The five businesses already licensed in the city have been open about
their locations. But they don't have to be. Under state law,
information about medical marijuana providers is confidential, except
to police.

Commissioner Carson Taylor had proposed removing the condition that
providers can't add more patients, but his motion failed.

Mehl said medical marijuana has been permitted in Montana for six
years and there's no reason providers can't wait a few months for
rules to be established.

Commissioner Sean Becker voted against the temporary regulations. Like
Taylor, he also wanted to remove the condition about adding more
patients, but because none of the other commissioners supported it, it
would have resulted in a tie. Mayor Jeff Krauss was absent.

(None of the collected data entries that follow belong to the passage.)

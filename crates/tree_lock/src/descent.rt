//! The descent to the row that covers a zone.
ghost use Rattle.std.specs.Prelude.{◌≡◌, ◌<◌, Some, IsSome};
ghost use Rattle.table_place.specs.Place.{entry_place};
ghost use Rattle.walk_core.specs.Events.{top};
ghost use Rattle.row_table.specs.Passes.{view_of, kit_of, table_of, layout_of, IsPassOf};
ghost use Rattle.tree_lock.specs.declared.zone.Zone.{Zone};
ghost use Rattle.tree_lock.specs.Zone.{IsZone, IsTable, Spans};
ghost use Rattle.tree_lock.specs.Ways.{IsWay, IsHere};
ghost use Rattle.tree_lock.specs.Tries.{IsPages, IsSameBut};
ghost use Rattle.tree_lock.specs.Descents.{IsOver, Stands, HasLevels, Saw, LooksOn, Shows, IsTopOf, IsLastOf};

use crate::held::HeldRow;
use crate::ways::{Way, link_of, place_below, way_on};
use crate::zone::Zone;
use row_table::{Grabbed, Iron, Pass, Plan};
use table_place::Place;
use walk_core::Stand;

/// What a descent comes to.
#[derive(Drop)]
pub(crate) enum Top<R: Drop> {
    /// The covering row is held.
    Got(HeldRow<R>),
    /// This pass holds the row that was reached.
    Busy(u32, u8),
    /// Nobody may take the row that was reached.
    Stale(u32),
}

/// What a pass finds that tries a row whose one entry it has seen without a link.
#[derive(Drop)]
enum Last<R: Drop> {
    /// The descent ends here.
    End(Top<R>),
    /// The entry is a link now, and the pass stands on the row to which it leads.
    On(Stand),
}

/// How many levels the page tables of a table of rows have.
pub(crate) fn table_levels<P: Plan>(iron: &Iron<P>) -> u8
    ensures few { result < 6 }
    ensures levels { (layout_of iron.now).levels ≡ result }
{
    iron.layout().levels
}

// Looks at an entry of the row on which the pass stands, and follows a link there.
fn go_on<P: Plan>(
    pass: &mut Pass<P>,
    iron: &Iron<P>,
    levels: u8,
    at: Stand,
    index: u32,
) -> Option<Stand>
    requires table { IsPassOf iron.now pass.old }
    requires levels { HasLevels levels (view_of pass.old) }
    requires stand { (view_of pass.old).core.stand ≡ Some at }
    requires place { IsTable levels at.place }
    requires inside { index < 512 }
    ensures table { table_of pass.new ≡ table_of pass.old }
    ensures same { kit_of pass.new ≡ kit_of pass.old }
    ensures looks { LooksOn levels (view_of pass.old) at index result (view_of pass.new) }
{
    let word = pass.look(iron, at.row, index);
    match link_of(word) {
        Some(link) => Some(Stand {
            row: link.row,
            place: place_below(levels, at.place, index),
            generation: link.generation,
        }),
        None => None,
    }
}

// Looks at the entry below which a strict zone is a whole span. This shows that the row is reached, and it comes after the grab,
// since a link leads the pass away from the row.
fn look_there<P: Plan>(pass: &mut Pass<P>, iron: &Iron<P>, levels: u8, at: Stand, way: Way)
    requires table { IsPassOf iron.now pass.old }
    requires levels { HasLevels levels (view_of pass.old) }
    requires stand { (view_of pass.old).core.stand ≡ Some at }
    requires place { IsTable levels at.place }
    requires here { IsHere way }
    ensures table { table_of pass.new ≡ table_of pass.old }
    ensures same { kit_of pass.new ≡ kit_of pass.old }
    ensures shows { Shows way at (view_of pass.old) (view_of pass.new) }
{
    match way {
        Way::Just(index) => {
            let _ = go_on(pass, iron, levels, at, index);
        }
        Way::Here => {}
        Way::Down(_) => unreachable!(),
    }
}

// Takes the row on which the pass stands.
fn take_here<P: Plan>(
    pass: &mut Pass<P>,
    iron: &Iron<P>,
    levels: u8,
    at: Stand,
    way: Way,
) -> Top<P::Row>
    requires table { IsPassOf iron.now pass.old }
    requires levels { HasLevels levels (view_of pass.old) }
    requires stands { Stands (view_of pass.old) at }
    requires place { IsTable levels at.place }
    requires here { IsHere way }
    ensures table { table_of pass.new ≡ table_of pass.old }
    ensures same { kit_of pass.new ≡ kit_of pass.old }
    ensures kept { IsSameBut (view_of pass.old) (view_of pass.new) }
    ensures inside { IsSome (view_of pass.new).core.stand }
    ensures epoch { (view_of pass.new).epoch ≡ (view_of pass.old).epoch }
    ensures takes { (zone : Zone) → IsZone levels zone → IsOver levels zone at.row at.place → IsWay levels zone at.place way → IsTopOf levels zone result (view_of pass.new) }
{
    match pass.grab(iron, at.row) {
        Grabbed::Got(content) => {
            look_there(pass, iron, levels, at, way);
            Top::Got(HeldRow {
                row: at.row,
                place: at.place,
                generation: at.generation,
                content,
            })
        }
        Grabbed::Held(seat) => {
            look_there(pass, iron, levels, at, way);
            Top::Busy(at.row, seat)
        }
        Grabbed::Stale => {
            look_there(pass, iron, levels, at, way);
            Top::Stale(at.row)
        }
    }
}

// Takes the row on which the pass stands, unless the entry has become a link.
fn take_last<P: Plan>(
    pass: &mut Pass<P>,
    iron: &Iron<P>,
    levels: u8,
    at: Stand,
    index: u32,
) -> Last<P::Row>
    requires table { IsPassOf iron.now pass.old }
    requires levels { HasLevels levels (view_of pass.old) }
    requires stands { Stands (view_of pass.old) at }
    requires place { IsTable levels at.place }
    requires inside { index < 512 }
    requires saw { Saw (view_of pass.old) at index }
    ensures table { table_of pass.new ≡ table_of pass.old }
    ensures same { kit_of pass.new ≡ kit_of pass.old }
    ensures kept { IsSameBut (view_of pass.old) (view_of pass.new) }
    ensures inside { IsSome (view_of pass.new).core.stand }
    ensures epoch { (view_of pass.new).epoch ≡ (view_of pass.old).epoch }
    ensures takes { (zone : Zone) → IsZone levels zone → IsPages zone → IsOver levels zone at.row at.place → Spans zone (entry_place levels at.place index) → IsLastOf levels zone at index result (view_of pass.new) }
{
    match pass.grab(iron, at.row) {
        Grabbed::Held(seat) => Last::End(Top::Busy(at.row, seat)),
        Grabbed::Stale => Last::End(Top::Stale(at.row)),
        Grabbed::Got(content) => match go_on(pass, iron, levels, at, index) {
            Some(next) => {
                pass.release(iron, at.row, content);
                Last::On(next)
            }
            None => Last::End(Top::Got(HeldRow {
                row: at.row,
                place: at.place,
                generation: at.generation,
                content,
            })),
        },
    }
}

/// Goes down from row 0, where the pass stands, to the row that covers the zone, and takes it.
pub(crate) fn lock_top<P: Plan>(
    pass: &mut Pass<P>,
    iron: &Iron<P>,
    levels: u8,
    zone: &Zone,
) -> Top<P::Row>
    requires table { IsPassOf iron.now pass.old }
    requires levels { HasLevels levels (view_of pass.old) }
    requires zone { IsZone levels zone.now }
    requires stands { Stands (view_of pass.old) top }
    ensures table { table_of pass.new ≡ table_of pass.old }
    ensures same { kit_of pass.new ≡ kit_of pass.old }
    ensures kept { IsSameBut (view_of pass.old) (view_of pass.new) }
    ensures inside { IsSome (view_of pass.new).core.stand }
    ensures epoch { (view_of pass.new).epoch ≡ (view_of pass.old).epoch }
    ensures takes { IsTopOf levels zone.now result (view_of pass.new) }
{
    let mut at = Stand {
        row: 0,
        place: Place {
            space: 0,
            level: 6,
            prefix: 0,
        },
        generation: 0,
    };
    loop {
        let way = way_on(levels, zone, at.place);
        let Way::Down(index) = way else {
            return take_here(pass, iron, levels, at, way);
        };
        at = match go_on(pass, iron, levels, at, index) {
            Some(next) => next,
            None => match take_last(pass, iron, levels, at, index) {
                Last::On(next) => next,
                Last::End(top) => return top,
            },
        };
    }
}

A "school" is defined in the interim ordinance as any public or
private K-12 school or vocational school. Commissioners opted not to
include Montana State University and daycares in the definition.

The school-zone restriction is on top of existing zoning requirements
for businesses in Bozeman, which allow the sale of medical marijuana
where retail stores are allowed, but not in homes. The city does not
allow medical offices as a home occupation.

Growing medical marijuana would be allowed in areas zoned
residential-suburban, where agricultural uses are allowed.

Montana voters passed an initiative legalizing marijuana for medical
use in 2004. But growers kept their operations out of sight until the
federal government announced in October that people following their
state's laws won't be prosecuted.

Patients can legally grow up to six plants at their
home.

Providers can grow six plans for every patient they have.